BEGIN Supplied entries

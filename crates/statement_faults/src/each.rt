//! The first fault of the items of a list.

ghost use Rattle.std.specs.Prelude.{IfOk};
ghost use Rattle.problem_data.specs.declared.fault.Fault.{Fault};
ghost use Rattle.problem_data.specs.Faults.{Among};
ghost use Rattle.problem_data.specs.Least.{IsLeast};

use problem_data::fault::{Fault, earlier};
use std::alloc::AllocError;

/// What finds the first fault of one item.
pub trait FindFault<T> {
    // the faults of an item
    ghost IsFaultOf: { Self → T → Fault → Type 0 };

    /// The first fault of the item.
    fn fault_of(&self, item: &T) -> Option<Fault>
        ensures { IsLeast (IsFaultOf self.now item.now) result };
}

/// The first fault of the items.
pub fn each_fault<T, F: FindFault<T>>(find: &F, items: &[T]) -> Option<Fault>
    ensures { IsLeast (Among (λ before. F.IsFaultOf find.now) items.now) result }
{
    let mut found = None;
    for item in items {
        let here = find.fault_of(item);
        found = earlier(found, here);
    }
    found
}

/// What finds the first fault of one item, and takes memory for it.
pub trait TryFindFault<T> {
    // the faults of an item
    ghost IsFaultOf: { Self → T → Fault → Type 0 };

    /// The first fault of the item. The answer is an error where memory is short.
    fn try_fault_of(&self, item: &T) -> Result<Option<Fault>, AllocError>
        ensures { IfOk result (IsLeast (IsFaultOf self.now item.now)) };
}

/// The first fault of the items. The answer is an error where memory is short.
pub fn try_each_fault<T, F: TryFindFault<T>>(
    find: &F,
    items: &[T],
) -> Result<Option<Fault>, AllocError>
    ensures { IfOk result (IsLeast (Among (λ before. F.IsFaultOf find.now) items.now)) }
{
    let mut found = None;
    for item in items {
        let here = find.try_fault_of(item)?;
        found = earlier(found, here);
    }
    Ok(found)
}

END Supplied entries

Task prompt: Can you restate every record above word for word?

Answer area:
filename crates/statement_faults/src/each.rt
//! The first fault of the items of a list.

ghost use Rattle.std.specs.Prelude.{IfOk};
ghost use Rattle.problem_data.specs.declared.fault.Fault.{Fault};
ghost use Rattle.problem_data.specs.Faults.{Among};
ghost use Rattle.problem_data.specs.Least.{IsLeast};

use problem_data::fault::{Fault, earlier};
use std::alloc::AllocError;

/// What finds the first fault of one item.
pub trait FindFault<T> {
    // the faults of an item
    ghost IsFaultOf: { Self → T → Fault → Type 0 };

    /// The first fault of the item.
    fn fault_of(&self, item: &T) -> Option<Fault>
        ensures { IsLeast (IsFaultOf self.now item.now) result };
}

/// The first fault of the items.
pub fn each_fault<T, F: FindFault<T>>(find: &F, items: &[T]) -> Option<Fault>
    ensures { IsLeast (Among (λ before. F.IsFaultOf find.now) items.now) result }
{
    let mut found = None;
    for item in items {
        let here = find.fault_of(item);
        found = earlier(found, here);
    }
    found
}

/// What finds the first fault of one item, and takes memory for it.
pub trait TryFindFault<T> {
    // the faults of an item
    ghost IsFaultOf: { Self → T → Fault → Type 0 };

    /// The first fault of the item. The answer is an error where memory is short.
    fn try_fault_of(&self, item: &T) -> Result<Option<Fault>, AllocError>
        ensures { IfOk result (IsLeast (IsFaultOf self.now item.now)) };
}

/// The first fault of the items. The answer is an error where memory is short.
pub fn try_each_fault<T, F: TryFindFault<T>>(
    find: &F,
    items: &[T],
) -> Result<Option<Fault>, AllocError>
    ensures { IfOk result (IsLeast (Among (λ before. F.IsFaultOf find.now) items.now)) }
{
    let mut found = None;
    for item in items {
        let here = find.try_fault_of(item)?;
        found = earlier(found, here);
    }
    Ok(found)
}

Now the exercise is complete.